= Buy Me =

Buy Me is a television program that has aired on HGTV in the U.S. since 2005, and on HGTV Canada since 2003, where it is that cable network's most popular show. It is also seen in Belgium and South Africa, either dubbed or with subtitles. It is produced by Whalley-Abbey Media Holdings (WHAM), which is owned by Debbie Travis and her husband, and produced Debbie Travis' Facelift.

It shows the entire process of selling a home, from listing the property, to repairing any problems with it, to open houses, to the negotiations of the selling process. It covers all of the details of the process, including home inspections, and occasionally even mild arguments between the sellers and real estate agents. Occasionally, the home fails to sell within the six-month period allotted, but in most cases (whether it sells or not) a postscript of sorts is given by the narrator or in text, stating how things turned out.
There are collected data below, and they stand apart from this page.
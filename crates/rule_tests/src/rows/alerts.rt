//! Each condition of the alerts up to CDM07a, on both sides. Written by `bench/rows/rows.py`.
use crate::rows::{Row, is_answered};

static ROWS_1: [Row; 28] = [
    Row {
        shows: "CDM01: planned alone",
        capacity: 100,
        starts: false,
        lines: r#"$+<
!=
!/
!=
"#,
        replies: r#"^
| 7:CDM01
^
| -
"#,
    },
    Row {
        shows: "CDM01: scheduled alone",
        capacity: 100,
        starts: false,
        lines: r#"1 29000579 APT {"cmd":"/
1 29000579 APT {"cmd":"=
"#,
        replies: r#"^
| -
"#,
    },
    Row {
        shows: "CDM02: a minute apart",
        capacity: 100,
        starts: false,
        lines: r#"!/
$+1(10:01:00Z",J}
!=
$+<
!=
$+1(09:59:00Z",J}
!=
"#,
        replies: r#"^
^
| 7:CDM02
^
| -
^
| 7:CDM02
"#,
    },
    Row {
        shows: "CDM02: no SOBT",
        capacity: 100,
        starts: false,
        lines: r#"$+<
!=
"#,
        replies: r#"^
| 7:CDM01
"#,
    },
    Row {
        shows: "CDM02: no EOBT",
        capacity: 100,
        starts: false,
        lines: r#"1 29000579 APT {"cmd":"/
1 29000579 APT {"cmd":"=
"#,
        replies: r#"^
| -
"#,
    },
    Row {
        shows: "CDM03: the type differs",
        capacity: 100,
        starts: false,
        lines: r#"!/
$+1(10:00:00Z","callsign":"DLH7","type":"A321","reg":"DAIBC","dest":"EDDM"}
!=
$+<
!=
$+1(10:00:00Z","callsign":"DLH7","type":"B320","reg":"DAIBC","dest":"EDDM"}
!=
$+<
!=
$+1(10:00:00Z","callsign":"DLH7","type":"A32","reg":"DAIBC","dest":"EDDM"}
!=
$+<
!=
$+1(10:00:00Z","callsign":"DLH7","type":"a320","reg":"DAIBC","dest":"EDDM"}
!=
$+<
!=
"#,
        replies: r#"^
^
| 7:CDM03
^
| -
^
| 7:CDM03
^
| -
^
| 7:CDM03
^
| -
^
| 7:CDM03
^
| -
"#,
    },
    Row {
        shows: "CDM03: no schedule with a type",
        capacity: 100,
        starts: false,
        lines: r#"$+<
!=
"#,
        replies: r#"^
| 7:CDM01
"#,
    },
    Row {
        shows: "CDM03: no flight plan with a type",
        capacity: 100,
        starts: false,
        lines: r#"1 29000579 APT {"cmd":"/
1 29000579 APT {"cmd":"=
"#,
        replies: r#"^
| -
"#,
    },
    Row {
        shows: "CDM04: the reg differs",
        capacity: 100,
        starts: false,
        lines: r#"!/
$+1(10:00:00Z","callsign":"DLH7","type":"A320","reg":"DAIBD","dest":"EDDM"}
!=
$+<
!=
$+1(10:00:00Z","callsign":"DLH7","type":"A320","reg":"CAIBC","dest":"EDDM"}
!=
$+<
!=
$+1(10:00:00Z","callsign":"DLH7","type":"A320","reg":"DAIBCDEF","dest":"EDDM"}
!=
$+<
!=
$+1(10:00:00Z","callsign":"DLH7","type":"A320","reg":"DAIB","dest":"EDDM"}
!=
$+<
!=
"#,
        replies: r#"^
^
| 7:CDM04
^
| -
^
| 7:CDM04
^
| -
^
| 7:CDM04
^
| -
^
| 7:CDM04
^
| -
"#,
    },
    Row {
        shows: "CDM04: no schedule with a reg",
        capacity: 100,
        starts: false,
        lines: r#"$+<
!=
"#,
        replies: r#"^
| 7:CDM01
"#,
    },
    Row {
        shows: "CDM04: no flight plan with a reg",
        capacity: 100,
        starts: false,
        lines: r#"1 29000579 APT {"cmd":"/
1 29000579 APT {"cmd":"=
"#,
        replies: r#"^
| -
"#,
    },
    Row {
        shows: "CDM05: the dest differs",
        capacity: 100,
        starts: false,
        lines: r#"!/
$+1(10:00:00Z","callsign":"DLH7","type":"A320","reg":"DAIBC","dest":"EDDF"}
!=
$+<
!=
$+1(10:00:00Z","callsign":"DLH7","type":"A320","reg":"DAIBC","dest":"LDDM"}
!=
$+<
!=
$+1(10:00:00Z","callsign":"DLH7","type":"A320","reg":"DAIBC","dest":"EDD"}
!=
$+<
!=
$+1(10:00:00Z","callsign":"DLH7","type":"A320","reg":"DAIBC","dest":"eDDM"}
!=
$+<
!=
"#,
        replies: r#"^
^
| 7:CDM05
^
| -
^
| 7:CDM05
^
| -
^
| 7:CDM05
^
| -
^
| 7:CDM05
^
| -
"#,
    },
    Row {
        shows: "CDM05: no schedule with a dest",
        capacity: 100,
        starts: false,
        lines: r#"$+<
!=
"#,
        replies: r#"^
| 7:CDM01
"#,
    },
    Row {
        shows: "CDM05: no flight plan with a dest",
        capacity: 100,
        starts: false,
        lines: r#"1 29000579 APT {"cmd":"/
1 29000579 APT {"cmd":"=
"#,
        replies: r#"^
| -
"#,
    },
    Row {
        shows: "CDM07: in-block",
        capacity: 100,
        starts: true,
        lines: r#"%+6(09:00)
!+7(09:20)
!=
!+7(09:21)
!=
"#,
        replies: r#"^
^
^
^
| -
^
| 7:CDM07
"#,
    },
    Row {
        shows: "CDM07: landed",
        capacity: 100,
        starts: true,
        lines: r#"%+6(09:15)
!=
%+6(09:16)
!=
"#,
        replies: r#"^
^
^
| -
^
| 7:CDM07
"#,
    },
    Row {
        shows: "CDM07: radar update",
        capacity: 100,
        starts: true,
        lines: r#"%+4(09:15)
!=
%+4(09:16)
!=
"#,
        replies: r#"^
^
^
| -
^
| 7:CDM07
"#,
    },
    Row {
        shows: "CDM07: final approach",
        capacity: 100,
        starts: true,
        lines: r#"%+5(09:15)
!=
%+5(09:16)
!=
"#,
        replies: r#"^
^
^
| -
^
| 7:CDM07
"#,
    },
    Row {
        shows: "CDM07: in-block counts before landed",
        capacity: 100,
        starts: true,
        lines: r#"%+6(09:16)
!=
!+7(09:20)
!=
"#,
        replies: r#"^
^
^
| 7:CDM07
^
| -
"#,
    },
    Row {
        shows: "CDM07: landed counts before landing",
        capacity: 100,
        starts: true,
        lines: r#"%+4(09:16)
!=
%+6(09:15)
!=
"#,
        replies: r#"^
^
^
| 7:CDM07
^
| -
"#,
    },
    Row {
        shows: "CDM07: landed counts, also where it is later",
        capacity: 100,
        starts: true,
        lines: r#"%+4(09:15)
!=
%+6(09:16)
!=
"#,
        replies: r#"^
^
^
| -
^
| 7:CDM07
"#,
    },
    Row {
        shows: "CDM07: nothing of the arrival",
        capacity: 100,
        starts: false,
        lines: r#"!schedule","flight":7,J,"sobt":"1970-01-01T00:01:00Z","mttt":40,"exit":5,"exot":10,"stand":12}
$+1,"time":"1970-01-01T00:01:00Z",J}
!=
"#,
        replies: r#"^
^
| -
"#,
    },
    Row {
        shows: "CDM07a: in-block against the target",
        capacity: 100,
        starts: false,
        lines: r#"!schedule","flight":7,J,"sobt":"2025-02-20T10:10:00Z","mttt":40,"exit":5,"exot":10,"stand":12}
$+1(10:10:00Z",J}
*+9(10:00)
%+6(09:00)
!+7(09:20)
!=
!+7(09:21)
!=
"#,
        replies: r#"^
^
^
^
^
| -
^
| 7:CDM07a
"#,
    },
    Row {
        shows: "CDM07a: landed against the target",
        capacity: 100,
        starts: false,
        lines: r#"!schedule","flight":7,J,"sobt":"2025-02-20T10:10:00Z","mttt":40,"exit":5,"exot":10,"stand":12}
$+1(10:10:00Z",J}
*+9(10:00)
%+6(09:15)
!=
%+6(09:16)
!=
"#,
        replies: r#"^
^
^
^
| -
^
| 7:CDM07a
"#,
    },
    Row {
        shows: "CDM07a: landing against the target",
        capacity: 100,
        starts: false,
        lines: r#"!schedule","flight":7,J,"sobt":"2025-02-20T10:10:00Z","mttt":40,"exit":5,"exot":10,"stand":12}
$+1(10:10:00Z",J}
*+9(10:00)
%+4(09:15)
!=
%+4(09:16)
!=
"#,
        replies: r#"^
^
^
^
| -
^
| 7:CDM07a
"#,
    },
    Row {
        shows: "CDM07a: later than both",
        capacity: 100,
        starts: true,
        lines: r#"*+9(10:00)
%+6(09:00)
!+7(09:21)
!=
"#,
        replies: r#"^
^
^
^
^
| 7:CDM07,CDM07a
"#,
    },
    Row {
        shows: "CDM07a: no target",
        capacity: 100,
        starts: false,
        lines: r#"!schedule","flight":7,J,"sobt":"2025-02-20T10:10:00Z","mttt":40,"exit":5,"exot":10,"stand":12}
$+1(10:10:00Z",J}
%+6(09:00)
!+7(09:21)
!=
"#,
        replies: r#"^
^
^
^
| -
"#,
    },
    Row {
        shows: "CDM07a: nothing of the arrival with a target",
        capacity: 100,
        starts: false,
        lines: r#"!schedule","flight":7,J,"sobt":"1970-01-01T00:01:00Z","mttt":40,"exit":5,"exot":10,"stand":12}
$+1,"time":"1970-01-01T00:01:00Z",J}
*+9,"time":"1970-01-01T00:01)
!=
"#,
        replies: r#"^
^
^
| 7:CDM09
"#,
    },
];

#[test]
fn part_1(rt: HostRuntime) {
    for row in &ROWS_1 {
        is_answered(&rt, rt.alloc(), row);
    }
}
The show is generally taped around WHAM's native Montreal, and receives a Quebec tax credit for film and video production. A few more recent episodes are clearly shot around Vancouver in coastal British Columbia, and some in Calgary, Alberta's largest city. New episodes are being taped in the U.S., in both Raleigh, North Carolina and Denver, Colorado. The show has been renewed for five more 13-episode seasons.

Apparently because the show is seen by both Canadian and American audiences, any obvious indications of the shooting location are eliminated, including the blurring of street signs, and the omission of any place names by the narrator. Prices discussed are not changed or converted however, particularly since the U.S. dollar and Canadian dollar are nearly equal in value (As of 2007).

A similar series, Bought & Sold, has started airing As of May 2007 on HGTV in the U.S.